What you have to do >> Return every record exactly. Omit nothing.
*** Provided records ***
//! The answer of `generate_c_source`.
ghost use Rattle.std.specs.Prelude.{◌≡◌, IfOk};
ghost use Rattle.can_model.specs.Validity.{IsValid};
ghost use Rattle.can_model.specs.Formed.{HasNoParents};
ghost use Rattle.cli_tool.specs.GenerateTask.{WritesPair};
ghost use Rattle.cli_tool.specs.DatabaseInFile.{HasAnswer};
ghost use Rattle.cli_tool.specs.Asked.{answer_in};

use crate::answer::{Answer, Output};
use crate::database::database_in;
use crate::naming::{header_file, name, source_file};
use crate::reporting::written;
use can_model::Database;
use cg_out::Memory;
use gen_unit::generate;
use name_rules::symbols;
use std::alloc::Global;

/// What the text of the file gives: its header and its source are to be written, or it is refused.
pub fn generated<'a>(alloc: Global, file: &'a [u8], text: &[u8]) -> Result<Answer<'a>, Memory>
    ensures { IfOk result (λ a. HasAnswer (WritesPair file.now) file.now text.now (answer_in a)) }
{
    match database_in(alloc, file, text)? {
        Ok(checked) => pair_written(alloc, file, checked.database()),
        Err(answer) => Ok(answer),
    }
}

/// The header of the database and then its source are to be written, and their names are the
/// report.
fn pair_written<'a>(alloc: Global, file: &[u8], database: &Database) -> Result<Answer<'a>, Memory>
    requires valid { IsValid database.now }
    requires flat { HasNoParents database.now }
    ensures { IfOk result (λ a. WritesPair file.now database.now (answer_in a)) }
{
    let name = name(alloc, file)?;
    let names = symbols(alloc, database, &name, false)?;
    let pair = generate(alloc, name.bytes(), database, &names)?;
    let header = Output {
        file: header_file(alloc, file)?,
        bytes: pair.header,
    };
    let source = Output {
        file: source_file(alloc, file)?,
        bytes: pair.source,
    };
    let mut outputs = Vec::new(alloc);
    outputs.push(header)?;
    outputs.push(source)?;
    Ok(Answer::Outcome(true, outputs, written(alloc, file)?))
}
***
Exercise response >>
//! The answer of `generate_c_source`.
ghost use Rattle.std.specs.Prelude.{◌≡◌, IfOk};
ghost use Rattle.can_model.specs.Validity.{IsValid};
ghost use Rattle.can_model.specs.Formed.{HasNoParents};
ghost use Rattle.cli_tool.specs.GenerateTask.{WritesPair};
ghost use Rattle.cli_tool.specs.DatabaseInFile.{HasAnswer};
ghost use Rattle.cli_tool.specs.Asked.{answer_in};

use crate::answer::{Answer, Output};
use crate::database::database_in;
use crate::naming::{header_file, name, source_file};
use crate::reporting::written;
use can_model::Database;
use cg_out::Memory;
use gen_unit::generate;
use name_rules::symbols;
use std::alloc::Global;

/// What the text of the file gives: its header and its source are to be written, or it is refused.
pub fn generated<'a>(alloc: Global, file: &'a [u8], text: &[u8]) -> Result<Answer<'a>, Memory>
    ensures { IfOk result (λ a. HasAnswer (WritesPair file.now) file.now text.now (answer_in a)) }
{
    match database_in(alloc, file, text)? {
        Ok(checked) => pair_written(alloc, file, checked.database()),
        Err(answer) => Ok(answer),
    }
}

/// The header of the database and then its source are to be written, and their names are the
/// report.
fn pair_written<'a>(alloc: Global, file: &[u8], database: &Database) -> Result<Answer<'a>, Memory>
    requires valid { IsValid database.now }
    requires flat { HasNoParents database.now }
    ensures { IfOk result (λ a. WritesPair file.now database.now (answer_in a)) }
{
    let name = name(alloc, file)?;
    let names = symbols(alloc, database, &name, false)?;
    let pair = generate(alloc, name.bytes(), database, &names)?;
    let header = Output {
        file: header_file(alloc, file)?,
        bytes: pair.header,
    };
    let source = Output {
        file: source_file(alloc, file)?,
        bytes: pair.source,
    };
    let mut outputs = Vec::new(alloc);
    outputs.push(header)?;
    outputs.push(source)?;
    Ok(Answer::Outcome(true, outputs, written(alloc, file)?))
}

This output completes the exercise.